Since a model matrix has column names, colSums
will give you a vector with "names" attribute, that is consistent with the "names" field of coef(your_glm_model_object)
.
The same solution applies to a linear model (by lm
) and a generalized linear model (by glm
) for any distribution family.
Here is a quick example:
set.seed(0)
f1 <- sample(gl(2, 50)) ## a factor with 2 levels, each with 50 observations
f2 <- sample(gl(4, 25)) ## a factor with 4 levels, each with 25 observations
y <- rnorm(100)
fit <- glm(y ~ f1 * f2) ## or use `lm` as we use `guassian()` family object here
colSums(model.matrix(fit))
#(Intercept) f12 f22 f23 f24 f12:f22
# 100 50 25 25 25 12
# f12:f23 f12:f24
# 12 14
Here, we have 100 observations / complete-cases (indicated under (Intercept)
).
Is there a way to display the count for the baseline level of each factor?

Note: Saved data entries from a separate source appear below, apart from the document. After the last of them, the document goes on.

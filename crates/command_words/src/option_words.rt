//! The options of a command, which clap reads.
ghost use Rattle.std.specs.Prelude.{◌≡◌, IfOk, true, false, map, string_bytes};
ghost use Rattle.clap.specs.Words.{app_of, rule_of, is_simple_and_free};
ghost use Rattle.command_words.specs.OptionWords.{row_of, rule_for, app_for, AreGiven};

use clap::error::ErrorKind;
use clap::{Arg, ArgAction, ArgMatches, Command};
use lcc_base::Memory;
use std::alloc::Global;

/// An option with a value.
#[derive(Clone, Copy, Debug)]
pub(crate) struct OptionRow {
    pub(crate) name: &'static str,
    /// Whether the words have to give it.
    pub(crate) is_required: bool,
}

/// The argument of clap for an option.
fn arg<'a>(alloc: Global, option: OptionRow) -> Arg<'a>
    ensures rule { rule_of result ≡ rule_for (row_of option) }
    ensures local { result.global ≡ false }
{
    Arg::new(alloc, option.name)
        .long(option.name)
        .action(ArgAction::Set)
        .required(option.is_required)
}

/// The command of clap with these options.
fn command<'a>(alloc: Global, options: &[OptionRow]) -> Result<Command<'a>, Memory>
    ensures { IfOk result (λ c. app_of c ≡ app_for (map row_of options.now)) }
{
    let mut command = Command::new(alloc, "")
        .no_binary_name(true)
        .disable_help_flag(true)
        .disable_version_flag(true);
    for option in options {
        command = command.arg(arg(alloc, *option))?;
    }
    Ok(command)
}

/// What the words give the options, if they are options of these.
pub(crate) fn options_in<'a>(
    alloc: Global,
    options: &[OptionRow],
    words: &'a [String],
) -> Result<Option<ArgMatches<'a>>, Memory>
    requires { is_simple_and_free (app_for (map row_of options.now)) ≡ true }
    ensures { IfOk result (AreGiven (map row_of options.now) (map string_bytes words.now)) }
{
    let command = command(alloc, options)?;
    match command.try_get_matches_from(words) {
        Ok(matches) => Ok(Some(matches)),
        Err(error) => match error.kind() {
            ErrorKind::OutOfMemory => Err(Memory),
            _ => Ok(None),
        },
    }
}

Baseline levels are contrasted, so they don't appear in the the model matrix used for fitting. However, we can generate the full model matrix (without contrasts) from your formula not your fitted model (this also offers you a way to drop numeric variables if you have them in your model):
SET_CONTRAST <- list(f1 = contr.treatment(nlevels(f1), contrast = FALSE),
f2 = contr.treatment(nlevels(f2), contrast = FALSE))
X <- model.matrix(~ f1 * f2, contrasts.arg = SET_CONTRAST)
colSums(X)
#(Intercept) f11 f12 f21 f22 f23
# 100 50 50 25 25 25
# f24 f11:f21 f12:f21 f11:f22 f12:f22 f11:f23
# 25 13 12 13 12 13
# f12:f23 f11:f24 f12:f24
# 12 11 14
Note that it can quickly become tedious in setting contrasts when you have many factor variables.
model.matrix
is definitely not the only approach for this. The conventional way may be
table(f1)
table(f2)
table(f1, f2)
but could get tedious too when your model become complicated.